In the romance community, Kristan Higgins has the reputation of being really, really nice. Always ready with a smile, a joke, or a friendly comment is Kristan, to fans and fellow authors alike. The first time I met her in person, at the very first romance writer's conference I ever attended, she complimented me on the dress I was wearing and asked where I got it, making me, rather than her, big name author, feel like the center of attention. Higgins is clearly in possession of what my grandmother would have called "a kind soul."

Laverne & Shirley's disastrous turn attempting to run
"The Diner."
But sometimes niceness can shade uncomfortably into self-abnegation. I've long been a fan of Higgins' early books; The Next Best Thing is one of my all-time favorite romances, and I wrote about My One and Only in a previous RNFF post. But I haven't enjoyed her recent work (the Blue Heron series) nearly as much, in large part because I've been finding her heroines too abject to identify with or admire. The Perfect Match's Honor Holland is not just nursing a crush for her high school friend for years, but is secretly sleeping with him, in a friends-with-benefits situation that falls apart after Honor finally screws up the courage to ask her crush about his long-range intentions. Waiting On You's Colleen O'Rourke hasn't had a romantic relationship in ten years, ever since her boyfriend of four years abruptly told her he was marrying another woman, with no other explanation. In Your Dreams's Emmaline Neal, a tough-on-the-outside-only cop, is dumped by her once-fat boyfriend after he loses the excess poundage, rejecting her in favor of his fitness-mad trainer. Higgins has always been known for her humor, but in these books, I often felt that I was being asked to laugh at these women in their painfully ridiculous situations, as much as I was being asked to identify with them. I know a lot of people like this sort of humor, laughing at ridiculously inept women—witness the popularity of television shows like I Love Lucy and Laverne and Shirley (I'm sure those of you who are more pop-culturally literate could name a slew of more contemporary examples). But for me, being asked to adopt such a readerly position does not make me laugh; it makes me squirm with discomfort and shame on behalf of the women being made fun of.

Interestingly, the Blue Heron books were the first in which Higgins adopted a dual point of view, half of her story told from the POV of the heroine, half from the hero.

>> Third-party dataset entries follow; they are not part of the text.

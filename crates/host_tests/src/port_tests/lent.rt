// Peers that are lent.
ghost use Rattle.std.specs.Prelude.{◌≡◌, false};

use super::scripts::steps;
use super::words::{add, add_calls, add_event, add_number};
use host_fakes::{MemorySink, MemorySource, NullAnalysis, ScriptHost};
use plain::{Bytes, Items};
use session_port::{Host, HostError, HostEvent, Sink, Source};
use std::alloc::Global;
use std::test::Fail;
use test_support::expect_text;

/// Whether a sink that is handed over takes a turn.
fn takes<S: Sink + Drop>(mut sink: S, bytes: &[u8]) -> bool
    requires { S.poisoned sink ≡ false }
{
    sink.put_turn(bytes).is_ok()
}

/// Whether a source that is handed over gives a piece.
fn gives<S: Source>(mut source: S) -> bool
    requires { S.poisoned source ≡ false }
{
    matches!(source.read_piece(2), Ok(Some(_)))
}

/// The next event of a host that is handed over.
fn next_of<H: Host<NullAnalysis> + Drop>(mut host: H) -> Result<HostEvent, HostError>
    requires { H.poisoned host ≡ false }
{
    host.next()
}

/// Adds what a source and a sink that are lent do, and what is left in them.
fn add_lent_peers(alloc: Global, text: &mut String) {
    if let Ok(bytes) = Bytes::from_slice(alloc, b"abc") {
        let mut source = MemorySource::new(alloc, bytes, Items::new(alloc));
        let gives = gives(&mut source);
        add(text, if gives { "gives " } else { "gives not " });
        add_number(alloc, text, source.left().len() as u64);
        drop(source);
    }
    let mut sink = MemorySink::new(alloc, Items::new(alloc));
    let takes = takes(&mut sink, b"ab");
    add(text, if takes { " takes " } else { " takes not " });
    add_number(alloc, text, sink.turns().len() as u64);
    drop(sink);
}

/// Adds the first event of a host that is lent, and its calls.
fn add_lent_host(alloc: Global, text: &mut String) {
    let steps = steps(alloc, "bytes ab, end");
    let analysis = NullAnalysis(alloc);
    if let Ok(mut host) = ScriptHost::new(alloc, &analysis, steps, Items::new(alloc)) {
        add(text, " ");
        add_event(alloc, text, next_of(&mut host));
        add_calls(alloc, text, host.calls());
        drop(host);
    }
}

#[test]
fn lent_peers_are_peers(rt: HostRuntime) -> Result<(), Fail> {
    let mut text = String::new(rt.alloc());
    add_lent_peers(rt.alloc(), &mut text);
    add_lent_host(rt.alloc(), &mut text);
    expect_text("peers", text.as_str(), "gives 1 takes 1 ab|event|")
}
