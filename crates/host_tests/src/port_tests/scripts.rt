// Hosts that follow a script, and hosts that give whatever they were told to give. Where memory runs
// out, a call answers none, or less comes than a test wants.
ghost use Rattle.session_port.specs.Record.{AreRising, spawned};

use super::fixtures::{commands_of, end_of, news_of};
use super::words::{add, add_calls, add_events, number, numbers, push};
use host_fakes::{HostileHost, NullAnalysis, ScriptHost, ScriptStep};
use plain::{Bytes, Items};
use session_port::{Command, Host, HostError, HostEvent, TaskBody, TaskMsg};
use std::alloc::Global;
use std::test::Fail;
use test_support::{cut, expect_text};

/// `timer` is a timer's event, `end` the end, `bytes` are given, `message` is that a job has this end, `begin` that it has begun, and else it
/// is news of this kind, if it is some.
fn event_of(alloc: Global, words: &str) -> Option<HostEvent> {
    let (word, rest) = cut(words, " ");
    match word {
        "timer" => Some(HostEvent::Timer(5)),
        "end" => Some(HostEvent::Ended),
        "bytes" => match Bytes::from_slice(alloc, rest.as_bytes()) {
            Ok(bytes) => Some(HostEvent::Bytes(bytes)),
            Err(_) => None,
        },
        "message" => {
            let (job, end) = cut(rest, " ");
            let mut batch = Items::new(alloc);
            let _ = batch.push(TaskMsg {
                job: number(job),
                body: TaskBody::Final(end_of(alloc, end)),
            });
            Some(HostEvent::Tasks(batch))
        }
        "begin" => {
            let mut batch = Items::new(alloc);
            let _ = batch.push(TaskMsg {
                job: number(rest),
                body: TaskBody::Begin,
            });
            Some(HostEvent::Tasks(batch))
        }
        _ => news_of(alloc, word),
    }
}

/// `finish` with the numbers of jobs, `stop` with a job and the revision that it saw, `supply` with a job and its end, else an event that
/// is given.
fn step_of(alloc: Global, words: &str) -> Option<ScriptStep> {
    let (word, rest) = cut(words, " ");
    match word {
        "finish" => Some(ScriptStep::Finish(numbers(alloc, rest))),
        "stop" => {
            let (job, saw) = cut(rest, " ");
            Some(ScriptStep::Cancel(number(job), number(saw)))
        }
        "supply" => {
            let (job, end) = cut(rest, " ");
            Some(ScriptStep::Supply(number(job), end_of(alloc, end)))
        }
        _ => match event_of(alloc, words) {
            Some(event) => Some(ScriptStep::Give(event)),
            None => None,
        },
    }
}

pub fn steps(alloc: Global, words: &str) -> Items<ScriptStep> {
    let mut steps = Items::new(alloc);
    for one in words.split(", ") {
        push(&mut steps, step_of(alloc, one));
    }
    steps
}

fn events(alloc: Global, words: &str) -> Items<HostEvent> {
    let mut events = Items::new(alloc);
    for one in words.split(", ") {
        push(&mut events, event_of(alloc, one));
    }
    events
}

/// Adds what an order comes to.
fn add_order(text: &mut String, outcome: Result<(), HostError>) {
    match outcome {
        Ok(()) => add(text, "taken > "),
        Err(HostError::Failed) => add(text, "failed > "),
        Err(HostError::NoMemory) => add(text, "no memory > "),
    }
}

/// Adds what a host does that follows a script: what comes of the order, so many events, and the calls. The one
/// function that owns such a host.
fn run_script(
    alloc: Global,
    text: &mut String,
    script: &str,
    fails: &str,
    commands: Items<Command>,
    count: u64,
)
    requires { AreRising 0 (spawned commands) }
{
    let analysis = NullAnalysis(alloc);
    let (steps, fails) = (steps(alloc, script), numbers(alloc, fails));
    let mut host = match ScriptHost::new(alloc, &analysis, steps, fails) {
        Ok(host) => host,
        Err(_) => {
            drop(commands);
            return;
        }
    };
    add_order(text, host.order(commands));
    add_events(alloc, text, &mut host, count);
    add_calls(alloc, text, host.calls());
    drop(host);
}

/// The same of a host that gives these events as they are.
fn run_hostile(alloc: Global, text: &mut String, script: &str, commands: Items<Command>, count: u64)
    requires { AreRising 0 (spawned commands) }
{
    let mut host = HostileHost::new(alloc, events(alloc, script));
    add_order(text, Host::<NullAnalysis>::order(&mut host, commands));
    add_events(alloc, text, &mut host, count);
    add_calls(alloc, text, host.calls());
    drop(host);
}

/// Adds what comes of a case.
fn add_case(
    alloc: Global,
    text: &mut String,
    kind: &str,
    orders: &str,
    fails: &str,
    script: &str,
    count: u64,
) {
    let Some(commands) = commands_of(alloc, orders) else {
        return;
    };
    if kind == "script" {
        run_script(alloc, text, script, fails, commands, count);
    } else {
        run_hostile(alloc, text, script, commands, count);
    }
}

/// Whether a host follows a script or gives what no honest host does; whether the jobs 7 and 9 are ordered first, the second a request's too, a
/// check or the host's own, or nothing; the numbers of the calls that fail; the steps; how many events are asked for. Then
/// what comes of the order, the events, each before a `|`, and the calls that were recorded: how many commands were taken, or an event.
///
/// Jobs are finished, by numbers of which some name none. The order is the first call, and so the second event is the third. Job 7 is stopped by
/// steps of which most give nothing. Job 9 is a check: it is finished as a request's, and not supplied. Job 9 is the host's own: it is not
/// finished, and gets no end that does not fit it, but it may stop; job 7 is not supplied. The first order fails. The last gives results that it made
/// up. Each kind of news is given, and each order of checks, tests and discoveries taken. That a job has begun is no script's to say, and leaves
/// the job out.
const CASES: &str =
    "script > jobs > 3 4 > bytes ab, finish 9 8 9, finish 9, end, finish 9 7 > 8 > taken > ab|failed|failed|9: null;||ended|7: null;|ended| > 2|event|event|event|event|event|event|
script > jobs > - > message 7 full, stop 7 0, stop 8 5, stop 7 1, stop 7 2, finish 7 9 > 4 > taken > 7: cancelled;|9: null;|ended|ended| > 2|event|event|event|event|
script > check > - > supply 9 full, finish 9 7, finish 9 > 3 > taken > 9: roots;7: null;||ended| > 2|event|event|event|
script > builds > - > finish 9 7, supply 7 json, supply 9 json, supply 9 early, timer, supply 9 builds, supply 9 late > 4 > taken > 7: null;|5|9: build data;|ended| > 2|event|event|event|event|
script > builds > - > supply 9 late > 2 > taken > 9: cancelled;|ended| > 2|event|event|
script > nothing > 1 1 > bytes ab, finish 9 8 9, finish 9, end, finish 9 7 > 2 > failed > ab|| > event|event|
script > set checks > - > checks, tests, begin 9 > 3 > taken > checks|tests|ended| > 1|event|event|event|
script > restart check > - > discovery > 1 > taken > discovery| > 1|event|
hostile > builds > - > begin 9, checks, begin 7, message 9 builds > 4 > taken > 9: begun;|checks|7: begun;|9: build data;| > 2|event|event|event|event|
hostile > run tests > - > tests, discovery > 2 > taken > tests|discovery| > 1|event|event|
hostile > jobs > - > message 5 json, bytes x, message 7 early > 5 > taken > 5: null;|x|7: cancelled;|ended|ended| > 2|event|event|event|event|event|";

#[test]
fn hosts_give_what_they_are_told(rt: HostRuntime) -> Result<(), Fail> {
    for line in CASES.lines() {
        let (kind, rest) = cut(line, " > ");
        let (orders, rest) = cut(rest, " > ");
        let (fails, rest) = cut(rest, " > ");
        let (script, rest) = cut(rest, " > ");
        let (count, wanted) = cut(rest, " > ");
        let count = number(count);
        let mut text = String::new(rt.alloc());
        add_case(rt.alloc(), &mut text, kind, orders, fails, script, count);
        expect_text(line, text.as_str(), wanted)?;
    }
    Ok(())
}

To me, it almost felt as if to make room for her heroes' voices, to make them seem heroic even when we were seeing inside their more vulnerable, human selves, she unconsciously found herself diminishing her heroines. To make them so nice, so silly, that they almost disappeared as people.

The card Jenny should have sent to her ex's baby shower?
It struck me as significant, then, that while Higgins' latest book, If You Only Knew (which is not part of the Blue Heron series) contains two different points of view, they are not those of the heterosexual romantic pair. Instead, they are those of two (presumably white) sisters, both of whom are negotiating major difficulties in their married lives. Or, in the case of younger sister Jenny Tate, negotiating her relationship with her ex-husband. And the woman he married only a few short months after his and Jenny's divorce. And the baby her ex and his new wife are about to have, the baby that her husband always told Jenny "he wasn't sure the time was right, and he loved our life the way it was" (Kindle Loc 56).

Of course, since Jenny is the ultimate nice girl, she's stayed friends with Owen, has become friends with Ana-Sofia, and, when the novel opens, is attending their baby shower. Even Jenny herself terms such behavior "pathetic" (49). But still, she can't seem to stop herself; "I want so much to hate her—to hate them both—but they're just too fucking nice" (909). And so Jenny, in turn, continues to feel compelled to be nice in return—so nice that she ends up helping to deliver Ana-Sofia's child when the baby arrives unexpectedly early.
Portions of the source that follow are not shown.